Task: The data should be restated word for word, in full.
━━ Supplied material
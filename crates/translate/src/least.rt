//! The least automaton of a claim over obligations, and of what an automaton accepts.
ghost use Rattle.std.specs.Prelude.{ℕ, ◌<◌, length, IfOk};
ghost use Rattle.diagrams.specs.Live.{Keeps};
ghost use Rattle.automata.specs.Table.{size_of, mark_of, Fits};
ghost use Rattle.obligations.specs.Value.{IsClaim, FitsCells, holds};
ghost use Rattle.translate.specs.Exact.{accepted, IsLeastOf};
ghost use Rattle.translate.specs.Standing.{IsFlipped};

use automata::Automaton;
use bes_io::Memory;
use diagrams::{Id, Store};
use minimise::minimise;
use obligations::{Cells, determinise};
use std::alloc::Global;

/// The least automaton that accepts what another does.
pub(crate) fn least_of(
    alloc: Global,
    store: &mut Store,
    automaton: Automaton,
) -> Result<Automaton, Memory>
    requires fits { Fits store.old automaton }
    requires marks { (at : ℕ) → at < size_of automaton → mark_of automaton at < 2 }
    ensures keeps { Keeps store.old store.new }
    ensures least { IfOk result (λ made. IsLeastOf store.new made (accepted store.old automaton)) }
{
    prove!(automaton.first() < automaton.size());
    minimise(alloc, store, automaton)
}

/// The least automaton of the words on which a claim holds.
pub(crate) fn solved(
    alloc: Global,
    store: &mut Store,
    cells: &Cells,
    start: Id,
) -> Result<Automaton, Memory>
    requires fits { FitsCells store.old cells.now }
    requires start { IsClaim store.old (length cells.now) start }
    ensures keeps { Keeps store.old store.new }
    ensures least { IfOk result (λ made. IsLeastOf store.new made (holds store.old cells.now start)) }
{
    let automaton = determinise(alloc, store, cells, start)?;
    least_of(alloc, store, automaton)
}

/// The automaton that accepts what another does not.
pub(crate) fn flipped(alloc: Global, automaton: &Automaton) -> Result<Automaton, Memory>
    ensures { IfOk result (IsFlipped automaton.now) }
{
    let mut marks = Vec::new(alloc);
    let mut rows = Vec::new(alloc);
    for at in 0..automaton.size() {
        marks.push(if automaton.mark(at) == 1 { 0 } else { 1 })?;
        rows.push(automaton.row(at))?;
    }
    Ok(Automaton::new(automaton.first(), marks, rows))
}
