//! The least automaton of a formula.
ghost use Rattle.std.specs.Prelude.{◌≤◌, All, IfOk, IfErr};
ghost use Rattle.forms.specs.Tree.{tree};
ghost use Rattle.forms.specs.Proper.{IsProper};
ghost use Rattle.forms.specs.Equivalence.{HasClassCount};
ghost use Rattle.diagrams.specs.Live.{Keeps};
ghost use Rattle.automata.specs.Table.{size_of, moves_of};
ghost use Rattle.minimise.specs.Minimal.{IsLeastFor, IsOnlyFor};
ghost use Rattle.translate.specs.Exact.{accepted, admitted, IsLeastOf};
ghost use Rattle.translate.specs.Counting.{AreCounts, IfTooMany, IsFirstOver, whole_claim};

use crate::counts::Counts;
use crate::fault::TranslateFault;
use crate::operators;
use crate::parts::part;
use automata::Automaton;
use bes_io::Memory;
use diagrams::Store;
use forms::Form;
use std::alloc::Global;

/// A formula's automaton: it accepts the formula's traces, which are not empty, and the empty word only where that is
/// admitted and the formula holds on it.
#[derive(Drop)]
pub struct Translated {
    /// The class count of each part, the operands before what they make.
    pub counts: Counts,
    pub whole: Automaton,
}

/// The least automaton of a formula's traces, with the class count of each part (Nerode 1958). Where `empty` admits the
/// empty word, it is a trace too if the formula holds on it. Each part and the whole may have at most `limit` classes; any
/// limit is allowed, and 0 refuses part 1. Goes one level deeper for each level of the tree.
pub fn translate(
    alloc: Global,
    store: &mut Store,
    form: &Form,
    empty: bool,
    limit: u32,
) -> Result<Translated, TranslateFault>
    requires proper { IsProper store.old.props (tree form.now) }
    ensures keeps { Keeps store.old store.new }
    ensures counts { IfOk result (λ made. AreCounts store.old.props (tree form.now) made.counts) }
    ensures within { IfOk result (λ made. All (λ count. count ≤ limit) made.counts) }
    ensures whole { IfOk result (λ made. IsLeastOf store.new made.whole (whole_claim store.old.props (tree form.now) empty)) }
    ensures least { IfOk result (λ made.
        IsLeastFor store.old.props (moves_of store.new made.whole) (whole_claim store.old.props (tree form.now) empty)) }
    ensures whole_within { IfOk result (λ made. size_of made.whole ≤ limit) }
    ensures size { IfOk result (λ made.
        HasClassCount store.old.props (whole_claim store.old.props (tree form.now) empty) (size_of made.whole)) }
    ensures only { IfOk result (λ made.
        IsOnlyFor store.old.props (moves_of store.new made.whole) (whole_claim store.old.props (tree form.now) empty)) }
    ensures too_many { IfErr result (λ fault. IfTooMany fault (IsFirstOver store.old.props (tree form.now) empty limit)) }
{
    prove!(store.props() <= 32);
    let mut counts = Counts::new(alloc);
    let automaton = part(alloc, store, form, limit, &mut counts)?;
    let whole = traces(alloc, store, automaton, empty)?;
    counts.admit(whole.size(), limit)?;
    Ok(Translated { counts, whole })
}

// The automaton of the same words but for the empty one, unless that is admitted.
fn traces(
    alloc: Global,
    store: &mut Store,
    automaton: Automaton,
    empty: bool,
) -> Result<Automaton, Memory>
    requires least { IsLeastOf store.old automaton (accepted store.old automaton) }
    ensures keeps { Keeps store.old store.new }
    ensures least { IfOk result (λ made. IsLeastOf store.new made (admitted empty (accepted store.old automaton))) }
{
    prove!(store.props() <= 32);
    if empty {
        return Ok(automaton);
    }
    operators::nonempty(alloc, store, &automaton)
}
━━━━
Solution for this problem:
filename crates/translate/src/least.rt
//! The least automaton of a claim over obligations, and of what an automaton accepts.
ghost use Rattle.std.specs.Prelude.{ℕ, ◌<◌, length, IfOk};
ghost use Rattle.diagrams.specs.Live.{Keeps};
ghost use Rattle.automata.specs.Table.{size_of, mark_of, Fits};
ghost use Rattle.obligations.specs.Value.{IsClaim, FitsCells, holds};
ghost use Rattle.translate.specs.Exact.{accepted, IsLeastOf};
ghost use Rattle.translate.specs.Standing.{IsFlipped};

use automata::Automaton;
use bes_io::Memory;
use diagrams::{Id, Store};
use minimise::minimise;
use obligations::{Cells, determinise};
use std::alloc::Global;

/// The least automaton that accepts what another does.
pub(crate) fn least_of(
    alloc: Global,
    store: &mut Store,
    automaton: Automaton,
) -> Result<Automaton, Memory>
    requires fits { Fits store.old automaton }
    requires marks { (at : ℕ) → at < size_of automaton → mark_of automaton at < 2 }
    ensures keeps { Keeps store.old store.new }
    ensures least { IfOk result (λ made. IsLeastOf store.new made (accepted store.old automaton)) }
{
    prove!(automaton.first() < automaton.size());
    minimise(alloc, store, automaton)
}

/// The least automaton of the words on which a claim holds.
pub(crate) fn solved(
    alloc: Global,
    store: &mut Store,
    cells: &Cells,
    start: Id,
) -> Result<Automaton, Memory>
    requires fits { FitsCells store.old cells.now }
    requires start { IsClaim store.old (length cells.now) start }
    ensures keeps { Keeps store.old store.new }
    ensures least { IfOk result (λ made. IsLeastOf store.new made (holds store.old cells.now start)) }
{
    let automaton = determinise(alloc, store, cells, start)?;
    least_of(alloc, store, automaton)
}

/// The automaton that accepts what another does not.
pub(crate) fn flipped(alloc: Global, automaton: &Automaton) -> Result<Automaton, Memory>
    ensures { IfOk result (IsFlipped automaton.now) }
{
    let mut marks = Vec::new(alloc);
    let mut rows = Vec::new(alloc);
    for at in 0..automaton.size() {
        marks.push(if automaton.mark(at) == 1 { 0 } else { 1 })?;
        rows.push(automaton.row(at))?;
    }
    Ok(Automaton::new(automaton.first(), marks, rows))
}
//! The least automaton of a formula.
ghost use Rattle.std.specs.Prelude.{◌≤◌, All, IfOk, IfErr};
ghost use Rattle.forms.specs.Tree.{tree};
ghost use Rattle.forms.specs.Proper.{IsProper};
ghost use Rattle.forms.specs.Equivalence.{HasClassCount};
ghost use Rattle.diagrams.specs.Live.{Keeps};
ghost use Rattle.automata.specs.Table.{size_of, moves_of};
ghost use Rattle.minimise.specs.Minimal.{IsLeastFor, IsOnlyFor};
ghost use Rattle.translate.specs.Exact.{accepted, admitted, IsLeastOf};
ghost use Rattle.translate.specs.Counting.{AreCounts, IfTooMany, IsFirstOver, whole_claim};

use crate::counts::Counts;
use crate::fault::TranslateFault;
use crate::operators;
use crate::parts::part;
use automata::Automaton;
use bes_io::Memory;
use diagrams::Store;
use forms::Form;
use std::alloc::Global;

/// A formula's automaton: it accepts the formula's traces, which are not empty, and the empty word only where that is
/// admitted and the formula holds on it.
#[derive(Drop)]
pub struct Translated {
    /// The class count of each part, the operands before what they make.
    pub counts: Counts,
    pub whole: Automaton,
}

/// The least automaton of a formula's traces, with the class count of each part (Nerode 1958). Where `empty` admits the
/// empty word, it is a trace too if the formula holds on it. Each part and the whole may have at most `limit` classes; any
/// limit is allowed, and 0 refuses part 1. Goes one level deeper for each level of the tree.
pub fn translate(
    alloc: Global,
    store: &mut Store,
    form: &Form,
    empty: bool,
    limit: u32,
) -> Result<Translated, TranslateFault>
    requires proper { IsProper store.old.props (tree form.now) }
    ensures keeps { Keeps store.old store.new }
    ensures counts { IfOk result (λ made. AreCounts store.old.props (tree form.now) made.counts) }
    ensures within { IfOk result (λ made. All (λ count. count ≤ limit) made.counts) }
    ensures whole { IfOk result (λ made. IsLeastOf store.new made.whole (whole_claim store.old.props (tree form.now) empty)) }
    ensures least { IfOk result (λ made.
        IsLeastFor store.old.props (moves_of store.new made.whole) (whole_claim store.old.props (tree form.now) empty)) }
    ensures whole_within { IfOk result (λ made. size_of made.whole ≤ limit) }
    ensures size { IfOk result (λ made.
        HasClassCount store.old.props (whole_claim store.old.props (tree form.now) empty) (size_of made.whole)) }
    ensures only { IfOk result (λ made.
        IsOnlyFor store.old.props (moves_of store.new made.whole) (whole_claim store.old.props (tree form.now) empty)) }
    ensures too_many { IfErr result (λ fault. IfTooMany fault (IsFirstOver store.old.props (tree form.now) empty limit)) }
{
    prove!(store.props() <= 32);
    let mut counts = Counts::new(alloc);
    let automaton = part(alloc, store, form, limit, &mut counts)?;
    let whole = traces(alloc, store, automaton, empty)?;
    counts.admit(whole.size(), limit)?;
    Ok(Translated { counts, whole })
}

// The automaton of the same words but for the empty one, unless that is admitted.
fn traces(
    alloc: Global,
    store: &mut Store,
    automaton: Automaton,
    empty: bool,
) -> Result<Automaton, Memory>
    requires least { IsLeastOf store.old automaton (accepted store.old automaton) }
    ensures keeps { Keeps store.old store.new }
    ensures least { IfOk result (λ made. IsLeastOf store.new made (admitted empty (accepted store.old automaton))) }
{
    prove!(store.props() <= 32);
    if empty {
        return Ok(automaton);
    }
    operators::nonempty(alloc, store, &automaton)
}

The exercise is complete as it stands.